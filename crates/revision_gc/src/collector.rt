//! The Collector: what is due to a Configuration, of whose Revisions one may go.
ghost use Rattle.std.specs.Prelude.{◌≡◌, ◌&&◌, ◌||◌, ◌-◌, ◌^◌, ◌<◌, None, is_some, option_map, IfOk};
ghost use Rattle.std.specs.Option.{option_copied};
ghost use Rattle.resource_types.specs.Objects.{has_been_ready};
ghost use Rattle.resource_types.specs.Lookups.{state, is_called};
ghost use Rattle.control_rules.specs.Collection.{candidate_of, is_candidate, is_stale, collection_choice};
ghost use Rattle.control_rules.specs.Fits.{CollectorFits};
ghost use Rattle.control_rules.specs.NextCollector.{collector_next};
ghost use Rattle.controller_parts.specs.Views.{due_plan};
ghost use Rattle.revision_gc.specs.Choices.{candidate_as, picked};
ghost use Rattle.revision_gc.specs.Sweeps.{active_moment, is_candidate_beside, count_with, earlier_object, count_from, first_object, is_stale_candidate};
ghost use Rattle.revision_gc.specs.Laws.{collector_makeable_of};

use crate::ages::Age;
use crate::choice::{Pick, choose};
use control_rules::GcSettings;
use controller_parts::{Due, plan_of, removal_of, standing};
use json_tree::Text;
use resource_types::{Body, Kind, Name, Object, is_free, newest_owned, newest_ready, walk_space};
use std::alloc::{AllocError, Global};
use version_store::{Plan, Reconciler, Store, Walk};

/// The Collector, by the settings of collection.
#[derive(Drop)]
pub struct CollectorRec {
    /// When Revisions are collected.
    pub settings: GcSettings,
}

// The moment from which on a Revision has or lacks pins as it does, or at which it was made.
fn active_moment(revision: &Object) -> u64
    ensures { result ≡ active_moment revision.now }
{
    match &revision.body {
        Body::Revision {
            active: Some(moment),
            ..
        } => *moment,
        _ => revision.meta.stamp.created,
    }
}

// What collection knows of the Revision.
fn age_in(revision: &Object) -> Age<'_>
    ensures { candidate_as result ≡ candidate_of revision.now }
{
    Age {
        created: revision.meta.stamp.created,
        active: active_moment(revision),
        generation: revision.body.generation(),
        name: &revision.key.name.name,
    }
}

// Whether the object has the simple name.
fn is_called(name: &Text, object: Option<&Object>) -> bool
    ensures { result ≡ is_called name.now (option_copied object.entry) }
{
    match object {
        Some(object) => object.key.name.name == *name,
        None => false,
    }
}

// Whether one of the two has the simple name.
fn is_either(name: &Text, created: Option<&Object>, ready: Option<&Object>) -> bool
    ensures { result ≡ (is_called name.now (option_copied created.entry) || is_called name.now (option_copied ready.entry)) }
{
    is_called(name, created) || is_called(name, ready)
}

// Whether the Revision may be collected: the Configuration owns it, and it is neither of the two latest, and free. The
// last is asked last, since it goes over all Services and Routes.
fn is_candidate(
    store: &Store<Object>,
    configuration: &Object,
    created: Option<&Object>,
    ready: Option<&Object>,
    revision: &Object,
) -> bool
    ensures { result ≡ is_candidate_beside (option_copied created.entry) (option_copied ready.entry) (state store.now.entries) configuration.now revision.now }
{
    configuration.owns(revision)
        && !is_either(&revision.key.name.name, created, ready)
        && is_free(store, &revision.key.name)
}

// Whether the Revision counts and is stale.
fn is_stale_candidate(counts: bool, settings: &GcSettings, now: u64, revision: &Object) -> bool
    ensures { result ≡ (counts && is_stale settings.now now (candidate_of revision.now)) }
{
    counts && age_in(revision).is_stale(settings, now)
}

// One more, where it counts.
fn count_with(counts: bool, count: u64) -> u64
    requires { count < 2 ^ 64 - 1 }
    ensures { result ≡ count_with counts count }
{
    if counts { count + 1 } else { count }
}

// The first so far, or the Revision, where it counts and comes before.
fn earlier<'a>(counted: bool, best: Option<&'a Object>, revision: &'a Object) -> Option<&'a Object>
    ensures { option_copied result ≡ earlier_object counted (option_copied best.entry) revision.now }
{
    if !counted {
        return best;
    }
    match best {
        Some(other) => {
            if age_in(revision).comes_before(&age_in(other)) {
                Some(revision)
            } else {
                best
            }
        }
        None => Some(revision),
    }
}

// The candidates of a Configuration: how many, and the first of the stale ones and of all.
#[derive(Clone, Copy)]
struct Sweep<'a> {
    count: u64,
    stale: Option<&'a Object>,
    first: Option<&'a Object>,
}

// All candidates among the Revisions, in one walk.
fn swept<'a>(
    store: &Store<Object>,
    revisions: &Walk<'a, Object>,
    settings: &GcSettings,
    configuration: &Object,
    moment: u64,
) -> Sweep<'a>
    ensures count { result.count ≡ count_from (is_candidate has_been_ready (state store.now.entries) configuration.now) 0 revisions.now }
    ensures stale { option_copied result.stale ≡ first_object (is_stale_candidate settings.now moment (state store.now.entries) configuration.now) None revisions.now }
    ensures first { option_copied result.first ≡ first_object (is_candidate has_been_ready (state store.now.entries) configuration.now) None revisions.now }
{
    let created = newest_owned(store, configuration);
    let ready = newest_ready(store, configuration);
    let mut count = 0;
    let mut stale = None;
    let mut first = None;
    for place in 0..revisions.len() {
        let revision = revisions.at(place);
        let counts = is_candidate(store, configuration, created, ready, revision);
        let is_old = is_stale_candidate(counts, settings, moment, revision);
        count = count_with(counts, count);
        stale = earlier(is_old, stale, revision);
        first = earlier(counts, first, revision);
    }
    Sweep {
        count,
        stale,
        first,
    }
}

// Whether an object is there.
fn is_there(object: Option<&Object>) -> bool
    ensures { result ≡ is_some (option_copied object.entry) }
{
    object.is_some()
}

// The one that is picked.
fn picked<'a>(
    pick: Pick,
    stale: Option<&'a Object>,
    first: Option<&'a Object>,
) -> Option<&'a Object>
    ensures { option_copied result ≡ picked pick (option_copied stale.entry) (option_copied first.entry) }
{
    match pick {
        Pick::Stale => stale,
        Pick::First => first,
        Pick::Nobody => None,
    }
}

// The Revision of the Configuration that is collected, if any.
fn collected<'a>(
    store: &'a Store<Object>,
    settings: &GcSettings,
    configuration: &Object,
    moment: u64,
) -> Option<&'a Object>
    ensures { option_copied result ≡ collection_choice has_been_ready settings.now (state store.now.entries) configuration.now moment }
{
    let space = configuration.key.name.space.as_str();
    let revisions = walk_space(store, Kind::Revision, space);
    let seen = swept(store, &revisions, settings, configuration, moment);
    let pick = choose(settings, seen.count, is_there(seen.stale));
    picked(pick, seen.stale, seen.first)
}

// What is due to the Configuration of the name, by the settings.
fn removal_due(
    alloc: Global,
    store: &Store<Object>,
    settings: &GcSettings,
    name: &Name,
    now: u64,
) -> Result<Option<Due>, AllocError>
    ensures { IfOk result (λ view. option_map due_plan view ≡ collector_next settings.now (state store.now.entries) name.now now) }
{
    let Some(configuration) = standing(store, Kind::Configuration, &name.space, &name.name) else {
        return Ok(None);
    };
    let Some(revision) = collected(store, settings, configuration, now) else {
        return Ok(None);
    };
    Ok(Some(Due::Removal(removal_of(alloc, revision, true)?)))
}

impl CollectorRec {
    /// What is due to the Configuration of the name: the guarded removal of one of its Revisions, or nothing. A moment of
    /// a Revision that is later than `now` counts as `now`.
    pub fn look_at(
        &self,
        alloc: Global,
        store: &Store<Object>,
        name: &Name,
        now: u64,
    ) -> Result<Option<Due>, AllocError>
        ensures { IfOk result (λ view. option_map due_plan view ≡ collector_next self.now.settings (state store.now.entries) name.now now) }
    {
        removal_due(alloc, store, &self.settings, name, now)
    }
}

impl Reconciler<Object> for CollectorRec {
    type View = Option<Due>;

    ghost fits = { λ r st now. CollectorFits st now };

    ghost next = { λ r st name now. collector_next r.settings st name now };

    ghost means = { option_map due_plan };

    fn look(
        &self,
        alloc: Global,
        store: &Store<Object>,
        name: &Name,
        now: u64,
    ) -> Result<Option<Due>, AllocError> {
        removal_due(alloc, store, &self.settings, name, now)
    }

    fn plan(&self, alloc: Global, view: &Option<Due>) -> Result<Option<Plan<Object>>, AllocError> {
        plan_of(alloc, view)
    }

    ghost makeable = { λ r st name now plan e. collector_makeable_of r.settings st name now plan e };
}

○ ○ ○ ○ ○ ○ ○

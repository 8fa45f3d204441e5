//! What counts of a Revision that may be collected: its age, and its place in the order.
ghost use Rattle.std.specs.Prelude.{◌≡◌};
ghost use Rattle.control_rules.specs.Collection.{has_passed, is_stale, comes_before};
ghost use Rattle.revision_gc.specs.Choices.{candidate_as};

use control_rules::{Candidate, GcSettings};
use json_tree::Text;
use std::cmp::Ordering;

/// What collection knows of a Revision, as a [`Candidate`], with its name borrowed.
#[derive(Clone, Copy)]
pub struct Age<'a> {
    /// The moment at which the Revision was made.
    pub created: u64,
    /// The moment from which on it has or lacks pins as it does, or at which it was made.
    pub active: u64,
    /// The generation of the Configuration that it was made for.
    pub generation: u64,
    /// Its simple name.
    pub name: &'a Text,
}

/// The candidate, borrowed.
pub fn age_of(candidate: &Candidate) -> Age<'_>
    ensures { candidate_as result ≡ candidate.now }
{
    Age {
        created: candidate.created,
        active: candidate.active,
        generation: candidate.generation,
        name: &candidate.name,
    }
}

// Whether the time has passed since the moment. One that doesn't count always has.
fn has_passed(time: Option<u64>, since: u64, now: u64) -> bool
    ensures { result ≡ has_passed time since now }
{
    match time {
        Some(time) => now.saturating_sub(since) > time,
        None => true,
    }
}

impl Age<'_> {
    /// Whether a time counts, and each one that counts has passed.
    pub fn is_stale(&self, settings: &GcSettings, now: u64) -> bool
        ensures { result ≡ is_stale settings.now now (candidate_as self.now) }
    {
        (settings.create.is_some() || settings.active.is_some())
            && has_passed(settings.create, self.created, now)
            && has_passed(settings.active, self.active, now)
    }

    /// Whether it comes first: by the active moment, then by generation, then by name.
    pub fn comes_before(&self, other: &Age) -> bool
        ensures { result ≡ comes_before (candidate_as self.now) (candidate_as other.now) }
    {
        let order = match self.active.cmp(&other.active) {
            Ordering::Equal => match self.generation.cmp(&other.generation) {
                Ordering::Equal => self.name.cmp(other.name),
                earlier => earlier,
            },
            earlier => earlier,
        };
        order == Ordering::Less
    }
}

○ ○ ○ ○ ○ ○ ○

• _TASK PROMPT_
Look above for the line containing "filename crates/revision_gc/src/collector.rt". Output from there through the line containing "of the Revision.", exactly and inclusively.

• _RESPONSE FOR THIS EXERCISE_
filename crates/revision_gc/src/collector.rt
//! The Collector: what is due to a Configuration, of whose Revisions one may go.
ghost use Rattle.std.specs.Prelude.{◌≡◌, ◌&&◌, ◌||◌, ◌-◌, ◌^◌, ◌<◌, None, is_some, option_map, IfOk};
ghost use Rattle.std.specs.Option.{option_copied};
ghost use Rattle.resource_types.specs.Objects.{has_been_ready};
ghost use Rattle.resource_types.specs.Lookups.{state, is_called};
ghost use Rattle.control_rules.specs.Collection.{candidate_of, is_candidate, is_stale, collection_choice};
ghost use Rattle.control_rules.specs.Fits.{CollectorFits};
ghost use Rattle.control_rules.specs.NextCollector.{collector_next};
ghost use Rattle.controller_parts.specs.Views.{due_plan};
ghost use Rattle.revision_gc.specs.Choices.{candidate_as, picked};
ghost use Rattle.revision_gc.specs.Sweeps.{active_moment, is_candidate_beside, count_with, earlier_object, count_from, first_object, is_stale_candidate};
ghost use Rattle.revision_gc.specs.Laws.{collector_makeable_of};

use crate::ages::Age;
use crate::choice::{Pick, choose};
use control_rules::GcSettings;
use controller_parts::{Due, plan_of, removal_of, standing};
use json_tree::Text;
use resource_types::{Body, Kind, Name, Object, is_free, newest_owned, newest_ready, walk_space};
use std::alloc::{AllocError, Global};
use version_store::{Plan, Reconciler, Store, Walk};

/// The Collector, by the settings of collection.
#[derive(Drop)]
pub struct CollectorRec {
    /// When Revisions are collected.
    pub settings: GcSettings,
}

// The moment from which on a Revision has or lacks pins as it does, or at which it was made.
fn active_moment(revision: &Object) -> u64
    ensures { result ≡ active_moment revision.now }
{
    match &revision.body {
        Body::Revision {
            active: Some(moment),
            ..
        } => *moment,
        _ => revision.meta.stamp.created,
    }
}

// What collection knows of the Revision.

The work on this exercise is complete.